Kamz, I would not be too concerned about this, once in a while you get one that is a little slow. I have one that is 6 months old right now that would not eat any of the larger seeds, such as safflower or buckwheat (or anything else large for that matter) until he was over 3 months old, now he is eating everything in the mix just fine. Make sure you are using a dish that can allow at least an inch of seeds in it, as this way they can put their whole beak into the seeds, sometimes eating larger ones.

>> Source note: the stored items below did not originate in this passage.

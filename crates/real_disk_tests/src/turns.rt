//! Random sequences of calls on both disks.
use crate::host::{SLOTS, content_of, disk_of, make_image, temporaries};
use crate::replacing::{ALL, Job, RENAMED, flushes_after, replace};
use crate::texts::{shown, text_of};
use std::alloc::Global;
use std::io;
use tree_face::{Disk, DiskRead, MemDisk, Slot, Tag};
use trial_devices::{Manner, Random, Report, Trial};

const ROUNDS: u64 = 60;

const TURNS: u64 = 20;

/// Makes the same calls on the disk over the directory and on a disk in memory, in each manner of moving bytes.
pub fn try_turns(rt: &HostRuntime, trial: &Trial, report: &mut Report<'_>) -> io::Result<()> {
    report.begin("sequences of calls");
    for round in 0..ROUNDS {
        report.go_to(round);
        trial.plan().move_in(Manner::of(round));
        try_round(rt, trial, round, report)?;
    }
    trial.plan().move_in(Manner::WHOLE);
    report.end(ROUNDS)
}

fn try_round(
    rt: &HostRuntime,
    trial: &Trial,
    seed: u64,
    report: &mut Report<'_>,
) -> io::Result<()> {
    make_image(rt)?;
    let mut real = disk_of(trial)?;
    let mut model = MemDisk::new(rt.alloc(), None, None, None, Vec::new(rt.alloc()));
    make_turns(rt, trial, &mut real, &mut model, seed, report)
}

fn make_turns<A: Disk, B: Disk>(
    rt: &HostRuntime,
    trial: &Trial,
    real: &mut A,
    model: &mut B,
    seed: u64,
    report: &mut Report<'_>,
) -> io::Result<()> {
    let mut random = Random::new(seed);
    for _turn in 0..TURNS {
        if random.once_in(3) {
            compare_read(rt.alloc(), real, model, slot_of(&mut random), report);
        } else {
            replace_both(rt, trial, real, model, &mut random, report)?;
        }
        report.expect(trial.plan().take_lines() == 0, "a line without an error");
        compare_files(rt, model, report);
    }
    Ok(())
}

fn slot_of(random: &mut Random) -> Slot {
    SLOTS[random.below(SLOTS.len())]
}

// Makes the same replacement on both disks.
fn replace_both<A: Disk, B: Disk>(
    rt: &HostRuntime,
    trial: &Trial,
    real: &mut A,
    model: &mut B,
    random: &mut Random,
    report: &mut Report<'_>,
) -> io::Result<()> {
    let text = text_of(rt.alloc(), random)?;
    let job = job_of(random);
    report.expect(
        replace(real, job, &text) == replace(model, job, &text),
        "replace: another result",
    );
    compare_calls(rt, trial, job, report)
}

// A replacement. Every second one is whole.
fn job_of(random: &mut Random) -> Job {
    let slot = slot_of(random);
    let tag = Tag(random.below(3) as u16);
    let calls = if random.once_in(2) {
        ALL
    } else {
        random.below(ALL) + 1
    };
    Job { tag, slot, calls }
}

// The flushes of the replacement, and the temporary file that it leaves.
fn compare_calls(
    rt: &HostRuntime,
    trial: &Trial,
    job: Job,
    report: &mut Report<'_>,
) -> io::Result<()> {
    let flushes = flushes_after(rt, job)?;
    report.expect(
        trial.plan().take_flushes() == flushes,
        "replace: other flushes",
    );
    let left = u64::from(job.calls < RENAMED);
    report.expect(temporaries(rt) == left, "replace: other temporary files");
    Ok(())
}

// Reads a slot of both disks.
fn compare_read<A: Disk, B: Disk>(
    alloc: Global,
    real: &mut A,
    model: &mut B,
    slot: Slot,
    report: &mut Report<'_>,
) {
    let found = real.read(alloc, slot);
    let expected = model.read(alloc, slot);
    report.expect(are_same(slot, &found, &expected), "read: another result");
}

fn are_same(
    slot: Slot,
    found: &Result<Option<Vec<u8>>, DiskRead>,
    expected: &Result<Option<Vec<u8>>, DiskRead>,
) -> bool {
    match (found, expected) {
        (Ok(Some(found)), Ok(Some(expected))) => found.as_slice() == shown(slot, expected),
        (Ok(None), Ok(None)) => true,
        _ => false,
    }
}

// What the system shows of the slots' files is what the disk in memory has.
fn compare_files<D: Disk>(rt: &HostRuntime, model: &mut D, report: &mut Report<'_>) {
    for slot in SLOTS {
        let found = content_of(rt, slot);
        let expected = model.read(rt.alloc(), slot);
        report.expect(is_content(&found, &expected), "another file on the disk");
    }
}

fn is_content(found: &Option<Vec<u8>>, expected: &Result<Option<Vec<u8>>, DiskRead>) -> bool {
    match (found, expected) {
        (Some(found), Ok(Some(expected))) => found.as_slice() == expected.as_slice(),
        (None, Ok(None)) => true,
        _ => false,
    }
}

I did do some large seed/split pea pops once in a while when he got to be 2 months old, where you gently pry open their mouth and place a large seed/split pea in, so he would get the feel of having something larger in his mouth and swallowing it. If you do this there is a balancing point where you don't want to put it too far back toward the throat, where they just swallow and don't get the feel of the seed in their mouth and too far forward where they just mouth the seed for a second and drop it. I would give him a little more time as long as he doing well on the smaller seeds. I am sure they eventually get it, but this seemed to help my guy out.

Karyn


----------



## Pawbla (Jan 6, 2009)

That seems to be a good method. Like a dog... Are they as intelligent as dogs? Lol!


----------



## Jay3 (May 4, 2008)

Most young pigeons like defrosted peas and corn. Try popping those into his mouth toward the back. He should swallow them. Usually after you do this a few times, they will start picking them up on their own. These are easier for them to pick up then the large pigeon seeds and peas, as they are soft. Once they get used to these, they will usually not have too much trouble with the pigeon mix. The babies I fed these to usually pick up the different seeds sooner. Keep in mind though that each pigeon has their preference of seeds and tends to pick out their favorites. Of course their favorite does change from time to time. LOL.


----------



## kamz (Jan 23, 2010)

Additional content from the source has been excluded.